▸ **Instructions to follow**: Would you set down the data below exactly as shown?

[Records from a data source]
== Segment start ==

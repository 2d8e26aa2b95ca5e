//! Text that goes out to a sink, whole or with a fault that has a cause.
ghost use Rattle.std.specs.Prelude.{◌≡◌, ◌<◌, ◌≤◌, ◌+◌, ◌-◌, ◌^◌, max, OnOk, OnErr, IfOk};
ghost use Rattle.base_device.specs.Devices.{HasWriteCause, IsTaken, TakesWhole, Tells};

use crate::device::{ByteSink, DeviceFailed};
use crate::status::Status;
use thiserror::Error;

/// How many writes in a row may take nothing.
pub const MAX_IDLE_WRITES: u64 = 1_048_576;

/// The sink failed, or took nothing in `MAX_IDLE_WRITES` writes in a row.
#[derive(Clone, Copy, Debug, PartialEq, Eq, Error)]
#[error("write fault")]
pub struct WriteFault;

/// Writes until the sink takes something, and says how many octets it took.
fn write_some<O: ByteSink>(sink: &mut O, octets: &[u8]) -> Result<usize, WriteFault>
    requires idle { O.idle sink.old ≡ 0 }
    requires failures { O.failures sink.old < 2 ^ 64 - 1 }
    ensures taken { IfOk result (λ count. IsTaken O.contents O.failures O.idle sink.old sink.new octets.now count) }
    ensures cause { OnErr result (HasWriteCause O.failures O.idle sink.old sink.new) }
    ensures row { O.most_idle sink.new ≤ max (O.most_idle sink.old) MAX_IDLE_WRITES }
{
    'tries: for _ in 0..MAX_IDLE_WRITES {
        let Ok(count) = sink.write(octets) else {
            return Err(WriteFault);
        };
        if count > 0 {
            return Ok(count);
        }
    }
    Err(WriteFault)
}

/// Hands all octets to the sink.
pub fn write_whole<O: ByteSink>(sink: &mut O, octets: &[u8]) -> Result<(), WriteFault>
    requires idle { O.idle sink.old ≡ 0 }
    requires failures { O.failures sink.old < 2 ^ 64 - 1 }
    ensures whole { OnOk result (TakesWhole O.contents O.failures O.idle sink.old sink.new octets.now) }
    ensures cause { OnErr result (HasWriteCause O.failures O.idle sink.old sink.new) }
    ensures row { O.most_idle sink.new ≤ max (O.most_idle sink.old) MAX_IDLE_WRITES }
{
    let mut at = 0;
    'pieces: while at < octets.len() {
        at += write_some(sink, &octets[at..])?;
    }
    Ok(())
}

/// Hands a text to the sink, and answers this status, or a fault where the sink doesn't take it.
pub fn tell<O: ByteSink>(sink: &mut O, text: &[u8], status: Status) -> Status
    requires idle { O.idle sink.old ≡ 0 }
    requires failures { O.failures sink.old < 2 ^ 64 - 1 }
    ensures told { Tells O.contents O.failures O.idle sink.old sink.new text.now status result }
    ensures row { O.most_idle sink.new ≤ max (O.most_idle sink.old) MAX_IDLE_WRITES }
{
    match write_whole(sink, text) {
        Ok(()) => status,
        Err(WriteFault) => Status::Fault,
    }
}
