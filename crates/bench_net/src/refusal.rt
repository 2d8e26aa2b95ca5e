//! Why a port takes no piece, or no loss.

use thiserror::Error;

/// Why a port did nothing with what it was offered. It is as it was.
#[derive(Clone, Copy, Debug, PartialEq, Eq, Error)]
pub enum Refusal {
    /// It has no such connection. What was offered is not wanted.
    #[error("there is no such connection")]
    Unknown,
    /// The connection is closed. What was offered is not wanted.
    #[error("the connection is closed")]
    Closed,
    /// Too much waits there. What was offered is wanted later.
    #[error("there is no room for one more")]
    Full,
    /// Memory ran out. What was offered is wanted later.
    #[error("out of memory")]
    NoMemory,
}
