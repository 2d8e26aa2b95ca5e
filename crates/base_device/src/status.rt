//! How a run of the program ends.
ghost use Rattle.std.specs.Prelude.{◌≡◌};

/// How a run of the program ended.
#[derive(Clone, Copy, PartialEq, Eq)]
pub enum Status {
    /// The words were met, and nothing was refused.
    Done,
    /// The input holds something that is refused: characters, frames or messages.
    Refused,
    /// The words on the command line aren't understood.
    Usage,
    /// A read or a write failed, or went on past its bound.
    Fault,
    /// Memory ran out.
    NoMemory,
    /// What threads logged is no legal log together.
    Disagreed,
}

impl Status {
    ghost use Rattle.base_device.specs.Statuses.{code_of};

    /// The status that the process exits with.
    pub fn code(self) -> u8
        ensures { result ≡ code_of self }
    {
        match self {
            Status::Done => 0,
            Status::Refused => 1,
            Status::Usage => 2,
            Status::Fault => 3,
            Status::NoMemory => 4,
            Status::Disagreed => 5,
        }
    }
}
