//! Sources that turn to files.
ghost use Rattle.std.specs.Prelude.{◌≡◌, ◌<◌, ◌-◌, ◌^◌};
ghost use Rattle.base_device.specs.Devices.{failures_after};

use crate::counting::Counting;
use crate::device::ByteSource;
use std::io::Read;
use std::rt::Files;
use std::{fs, io};
use thiserror::Error;

/// Why a source is not turned to a file.
#[derive(Clone, Copy, Debug, PartialEq, Eq, Error)]
pub enum OpenError {
    #[error("a directory, where a file is wanted")]
    Directory,
    #[error("the file can't be opened")]
    Failed,
}

/// A source that can turn to a file, and back to standard input.
pub trait FileSource: ByteSource {
    /// From here on reads give this file's octets.
    fn open(&mut self, name: &str) -> Result<(), OpenError>
        requires { Self.failures self.old < 2 ^ 64 - 1 }
        ensures reads { Self.reads self.new ≡ Self.reads self.old }
        ensures failures { Self.failures self.new ≡ failures_after result (Self.failures self.old) };

    /// From here on reads give the octets of standard input that were not read yet.
    fn standard(&mut self)
        ensures reads { Self.reads self.new ≡ Self.reads self.old }
        ensures failures { Self.failures self.new ≡ Self.failures self.old };
}

/// Standard input, or the file that was opened last.
#[derive(Drop)]
pub struct Inputs<'r, R: Files, T> {
    files: &'r R,
    standard: T,
    file: Option<R::File>,
}

impl<'r, R: Files, T> Inputs<'r, R, T> {
    /// Reads standard input until a file is opened.
    pub fn new(files: &'r R, standard: T) -> Inputs<'r, R, T> {
        Inputs {
            files,
            standard,
            file: None,
        }
    }
}

impl<'r, R: Files, T: Read> Read for Inputs<'r, R, T> {
    fn read(&mut self, buffer: &mut [u8]) -> io::Result<usize> {
        match &mut self.file {
            Some(file) => file.read(buffer),
            None => self.standard.read(buffer),
        }
    }
}

// Whether a name is that of a directory, as far as the system says.
fn is_directory<R: Files>(files: &R, name: &str) -> bool {
    match fs::metadata(files, name) {
        Ok(metadata) => metadata.is_dir(),
        Err(_) => false,
    }
}

// The file of that name. A directory would be opened too, and its first read would fail.
fn opened<R: Files>(files: &R, name: &str) -> Result<R::File, OpenError> {
    if is_directory(files, name) {
        return Err(OpenError::Directory);
    }
    match fs::open(files, name) {
        Ok(file) => Ok(file),
        Err(_) => Err(OpenError::Failed),
    }
}

impl<'r, R: Files, T: Read> FileSource for Counting<Inputs<'r, R, T>> {
    fn open(&mut self, name: &str) -> Result<(), OpenError> {
        match opened(self.device.files, name) {
            Ok(file) => {
                self.device.file = Some(file);
                Ok(())
            }
            Err(why) => {
                self.failures += 1;
                Err(why)
            }
        }
    }

    fn standard(&mut self) {
        self.device.file = None;
    }
}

== Segment end ==

▸ **Exercise result**:
repository 2d8e26aa2b95ca5e
//! Text that goes out to a sink, whole or with a fault that has a cause.
ghost use Rattle.std.specs.Prelude.{◌≡◌, ◌<◌, ◌≤◌, ◌+◌, ◌-◌, ◌^◌, max, OnOk, OnErr, IfOk};
ghost use Rattle.base_device.specs.Devices.{HasWriteCause, IsTaken, TakesWhole, Tells};

use crate::device::{ByteSink, DeviceFailed};
use crate::status::Status;
use thiserror::Error;

/// How many writes in a row may take nothing.
pub const MAX_IDLE_WRITES: u64 = 1_048_576;

/// The sink failed, or took nothing in `MAX_IDLE_WRITES` writes in a row.
#[derive(Clone, Copy, Debug, PartialEq, Eq, Error)]
#[error("write fault")]
pub struct WriteFault;

/// Writes until the sink takes something, and says how many octets it took.
fn write_some<O: ByteSink>(sink: &mut O, octets: &[u8]) -> Result<usize, WriteFault>
    requires idle { O.idle sink.old ≡ 0 }
    requires failures { O.failures sink.old < 2 ^ 64 - 1 }
    ensures taken { IfOk result (λ count. IsTaken O.contents O.failures O.idle sink.old sink.new octets.now count) }
    ensures cause { OnErr result (HasWriteCause O.failures O.idle sink.old sink.new) }
    ensures row { O.most_idle sink.new ≤ max (O.most_idle sink.old) MAX_IDLE_WRITES }
{
    'tries: for _ in 0..MAX_IDLE_WRITES {
        let Ok(count) = sink.write(octets) else {
            return Err(WriteFault);
        };
        if count > 0 {
            return Ok(count);
        }
    }
    Err(WriteFault)
}

/// Hands all octets to the sink.
pub fn write_whole<O: ByteSink>(sink: &mut O, octets: &[u8]) -> Result<(), WriteFault>
    requires idle { O.idle sink.old ≡ 0 }
    requires failures { O.failures sink.old < 2 ^ 64 - 1 }
    ensures whole { OnOk result (TakesWhole O.contents O.failures O.idle sink.old sink.new octets.now) }
    ensures cause { OnErr result (HasWriteCause O.failures O.idle sink.old sink.new) }
    ensures row { O.most_idle sink.new ≤ max (O.most_idle sink.old) MAX_IDLE_WRITES }
{
    let mut at = 0;
    'pieces: while at < octets.len() {
        at += write_some(sink, &octets[at..])?;
    }
    Ok(())
}

/// Hands a text to the sink, and answers this status, or a fault where the sink doesn't take it.
pub fn tell<O: ByteSink>(sink: &mut O, text: &[u8], status: Status) -> Status
    requires idle { O.idle sink.old ≡ 0 }
    requires failures { O.failures sink.old < 2 ^ 64 - 1 }
    ensures told { Tells O.contents O.failures O.idle sink.old sink.new text.now status result }
    ensures row { O.most_idle sink.new ≤ max (O.most_idle sink.old) MAX_IDLE_WRITES }
{
    match write_whole(sink, text) {
        Ok(()) => status,
        Err(WriteFault) => Status::Fault,
    }
}
filename crates/bench_net/src/refusal.rt
repository 2d8e26aa2b95ca5e
//! Why a port takes no piece, or no loss.

use thiserror::Error;

/// Why a port did nothing with what it was offered. It is as it was.
#[derive(Clone, Copy, Debug, PartialEq, Eq, Error)]
pub enum Refusal {
    /// It has no such connection. What was offered is not wanted.
    #[error("there is no such connection")]
    Unknown,
    /// The connection is closed. What was offered is not wanted.
    #[error("the connection is closed")]
    Closed,
    /// Too much waits there. What was offered is wanted later.
    #[error("there is no room for one more")]
    Full,
    /// Memory ran out. What was offered is wanted later.
    #[error("out of memory")]
    NoMemory,
}
repository 2d8e26aa2b95ca5e
filename crates/base_device/src/status.rt
//! How a run of the program ends.
ghost use Rattle.std.specs.Prelude.{◌≡◌};

/// How a run of the program ended.
#[derive(Clone, Copy, PartialEq, Eq)]
pub enum Status {
    /// The words were met, and nothing was refused.
    Done,
    /// The input holds something that is refused: characters, frames or messages.
    Refused,
    /// The words on the command line aren't understood.
    Usage,
    /// A read or a write failed, or went on past its bound.
    Fault,
    /// Memory ran out.
    NoMemory,
    /// What threads logged is no legal log together.
    Disagreed,
}

impl Status {
    ghost use Rattle.base_device.specs.Statuses.{code_of};

    /// The status that the process exits with.
    pub fn code(self) -> u8
        ensures { result ≡ code_of self }
    {
        match self {
            Status::Done => 0,
            Status::Refused => 1,
            Status::Usage => 2,
            Status::Fault => 3,
            Status::NoMemory => 4,
            Status::Disagreed => 5,
        }
    }
}
//! Sources that turn to files.
ghost use Rattle.std.specs.Prelude.{◌≡◌, ◌<◌, ◌-◌, ◌^◌};
ghost use Rattle.base_device.specs.Devices.{failures_after};

use crate::counting::Counting;
use crate::device::ByteSource;
use std::io::Read;
use std::rt::Files;
use std::{fs, io};
use thiserror::Error;

/// Why a source is not turned to a file.
#[derive(Clone, Copy, Debug, PartialEq, Eq, Error)]
pub enum OpenError {
    #[error("a directory, where a file is wanted")]
    Directory,
    #[error("the file can't be opened")]
    Failed,
}

/// A source that can turn to a file, and back to standard input.
pub trait FileSource: ByteSource {
    /// From here on reads give this file's octets.
    fn open(&mut self, name: &str) -> Result<(), OpenError>
        requires { Self.failures self.old < 2 ^ 64 - 1 }
        ensures reads { Self.reads self.new ≡ Self.reads self.old }
        ensures failures { Self.failures self.new ≡ failures_after result (Self.failures self.old) };

    /// From here on reads give the octets of standard input that were not read yet.
    fn standard(&mut self)
        ensures reads { Self.reads self.new ≡ Self.reads self.old }
        ensures failures { Self.failures self.new ≡ Self.failures self.old };
}

/// Standard input, or the file that was opened last.
#[derive(Drop)]
pub struct Inputs<'r, R: Files, T> {
    files: &'r R,
    standard: T,
    file: Option<R::File>,
}

impl<'r, R: Files, T> Inputs<'r, R, T> {
    /// Reads standard input until a file is opened.
    pub fn new(files: &'r R, standard: T) -> Inputs<'r, R, T> {
        Inputs {
            files,
            standard,
            file: None,
        }
    }
}

impl<'r, R: Files, T: Read> Read for Inputs<'r, R, T> {
    fn read(&mut self, buffer: &mut [u8]) -> io::Result<usize> {
        match &mut self.file {
            Some(file) => file.read(buffer),
            None => self.standard.read(buffer),
        }
    }
}

// Whether a name is that of a directory, as far as the system says.
fn is_directory<R: Files>(files: &R, name: &str) -> bool {
    match fs::metadata(files, name) {
        Ok(metadata) => metadata.is_dir(),
        Err(_) => false,
    }
}

// The file of that name. A directory would be opened too, and its first read would fail.
fn opened<R: Files>(files: &R, name: &str) -> Result<R::File, OpenError> {
    if is_directory(files, name) {
        return Err(OpenError::Directory);
    }
    match fs::open(files, name) {
        Ok(file) => Ok(file),
        Err(_) => Err(OpenError::Failed),
    }
}

impl<'r, R: Files, T: Read> FileSource for Counting<Inputs<'r, R, T>> {
    fn open(&mut self, name: &str) -> Result<(), OpenError> {
        match opened(self.device.files, name) {
            Ok(file) => {
                self.device.file = Some(file);
                Ok(())
            }
            Err(why) => {
                self.failures += 1;
                Err(why)
            }
        }
    }

    fn standard(&mut self) {
        self.device.file = None;
    }
}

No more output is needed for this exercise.